- [EXERCISE OBJECTIVE]: When a line in the entries contains the word "AVMA", copy that line in full.

------ RECORDS PROVIDED ------

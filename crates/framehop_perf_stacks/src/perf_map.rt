//! The names of code that JIT compilers make, by the maps that they write for perf, one for each process.
//!
//! Source: Linux, `tools/perf/Documentation/jit-interface.txt`.
ghost use Rattle.std.specs.Prelude.{◌≡◌, ℕ, List, Option, map, count_by, option_map, IfOk, OnOk};
ghost use Rattle.framehop_recording.specs.Mapping.{mapping_view};
ghost use Rattle.framehop_perf_stacks.specs.PerfMap.{is_anonymous, without_prefix, number_of, function_from, function_in, functions_of, is_left_out, told_view, line_view, map_name, IsMapOfText, IsMapRead};

use crate::kallsyms::value_of;
use crate::window::{after_byte, before_byte, lines_of};
use framehop_processes::code_map::{CodeFunction, CodeFunctions, CodeMap};
use framehop_processes::files::Files;
use framehop_recording::mapping::Mapping;
use std::alloc::{AllocError, Global};

/// What gives the maps of processes, as a folder does.
pub trait MapSource {
    // what it can give for the number of a process
    ghost gives_map: { Self → ℕ → Option (List ℕ) → Type 0 };

    /// Returns the bytes of the map of a process, if there is one and it can be read.
    ///
    /// # Errors
    ///
    /// An allocation failed.
    fn read_map(&self, pid: u32) -> Result<Option<Vec<u8>>, AllocError>
        ensures { IfOk result (λ given. gives_map self.now pid (option_map (λ bytes. bytes.items) given)) };
}

/// A line of a map.
#[derive(Clone, Copy, Drop)]
struct MapLine<'a> {
    /// The first address (AVMA).
    start: u64,
    /// The address after the last (AVMA).
    end: u64,
    /// The name of the function.
    name: &'a [u8],
}

/// Adds the map of the process of a mapping that is of no file, if there is one, and if it has not been read.
pub fn add_map<S: MapSource>(
    alloc: Global,
    source: &S,
    files: &mut Files,
    mapping: &Mapping<'_>,
) -> Result<(), AllocError>
    ensures { OnOk result (IsMapRead (S.gives_map source.now) (mapping_view mapping.now) files.old files.new) }
{
    if !is_anonymous(mapping.name) || files.map_number_of(mapping.pid).is_some() {
        return Ok(());
    }
    let Some(text) = source.read_map(mapping.pid)? else {
        return Ok(());
    };
    let code_map = read_perf_map(alloc, text.as_slice())?;
    let name = map_name(alloc, mapping.pid)?;
    files.add_map(mapping.pid, name, code_map)
}

/// Returns whether a name is one that perf gives to memory of no file.
///
/// Source: Linux, `tools/perf/util/map.c`, `is_anon_memory` and `is_no_dso_memory`; `[anon:` is of names by `prctl`, and
/// `/memfd:doublemapper` of .NET.
pub(crate) fn is_anonymous(name: &[u8]) -> bool
    ensures { result ≡ is_anonymous name.now }
{
    name.starts_with(b"//anon")
        || name.starts_with(b"[anon:")
        || name.starts_with(b"/dev/zero")
        || name.starts_with(b"/anon_hugepage")
        || name.starts_with(b"/memfd:doublemapper")
        || name.starts_with(b"[stack")
        || name.starts_with(b"/SYSV")
        || name.starts_with(b"[heap]")
}

/// Returns the name of the map of a process.
fn map_name(alloc: Global, pid: u32) -> Result<Vec<u8>, AllocError>
    ensures { IfOk result (λ name. name.items ≡ map_name pid) }
{
    let name = format!(in alloc; "perf-{pid}.map")?;
    Vec::from_slice(alloc, name.as_bytes())
}

/// Reads a map: a line for each function, with its start and its size in hexadecimal, which may begin with `0x`, and its name,
/// each after a blank. Lines that are not so are left out.
pub(crate) fn read_perf_map(alloc: Global, text: &[u8]) -> Result<CodeMap, AllocError>
    ensures { IfOk result (IsMapOfText text.now) }
{
    let lines = lines_of(alloc, text)?;
    let told = told_in(alloc, lines.as_slice())?;
    let functions = functions_of(alloc, told.as_slice())?;
    Ok(CodeMap {
        functions: CodeFunctions::new(alloc, functions)?,
        left_out: count_left_out(lines.as_slice()),
    })
}

/// Returns what lines tell.
fn told_in<'a>(alloc: Global, lines: &[&'a [u8]]) -> Result<Vec<MapLine<'a>>, AllocError>
    ensures { IfOk result (λ told. map line_view told.items ≡ functions_of (map (λ line. line.now) lines.now)) }
{
    let mut told = Vec::new(alloc);
    for line in lines {
        if let Some(line) = line_in(line) {
            told.push(line)?;
        }
    }
    Ok(told)
}

/// Returns how many lines tell nothing, but for empty ones.
fn count_left_out(lines: &[&[u8]]) -> usize
    ensures { result ≡ count_by is_left_out (map (λ line. line.now) lines.now) }
{
    let mut count = 0;
    for line in lines {
        if is_left_out(line) {
            count += 1;
        }
    }
    count
}

/// Returns whether a line tells nothing and is not empty.
fn is_left_out(line: &[u8]) -> bool
    ensures { result ≡ is_left_out line.now }
{
    !line.is_empty() && line_in(line).is_none()
}

/// Returns the functions of lines.
fn functions_of(alloc: Global, told: &[MapLine<'_>]) -> Result<Vec<CodeFunction>, AllocError>
    ensures { IfOk result (λ functions. map told_view functions.items ≡ map line_view told.now) }
{
    let mut functions = Vec::new(alloc);
    for line in told {
        functions.push(CodeFunction {
            start: line.start,
            end: line.end,
            name: Vec::from_slice(alloc, line.name)?,
        })?;
    }
    Ok(functions)
}

/// Returns what a line tells.
fn line_in(line: &[u8]) -> Option<MapLine<'_>>
    ensures { option_map line_view result ≡ function_in line.entry.now }
{
    let start = number_of(before_byte(b' ', line))?;
    line_from(start, after_byte(b' ', line))
}

/// Returns what a line tells, by the start of the function and what is after it.
fn line_from(start: u64, rest: &[u8]) -> Option<MapLine<'_>>
    ensures { option_map line_view result ≡ function_from start rest.entry.now }
{
    let size = number_of(before_byte(b' ', rest))?;
    let end = start.checked_add(size)?;
    let name = after_byte(b' ', rest);
    if name.is_empty() {
        return None;
    }
    Some(MapLine { start, end, name })
}

/// Returns the value of digits in hexadecimal, below 2^64, of which there is one. They may begin with `0x`.
fn number_of(digits: &[u8]) -> Option<u64>
    ensures { result ≡ number_of digits.now }
{
    let digits = without_prefix(digits);
    if digits.is_empty() {
        return None;
    }
    value_of(digits)
}

/// Returns digits without a `0x` before them.
fn without_prefix(digits: &[u8]) -> &[u8]
    ensures { result.now ≡ without_prefix digits.entry.now }
{
    match digits.strip_prefix(b"0x") {
        Some(digits) => digits,
        None => digits,
    }
}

------

- [EXERCISE ANSWER]:
    /// The first address (AVMA).
    /// The address after the last (AVMA).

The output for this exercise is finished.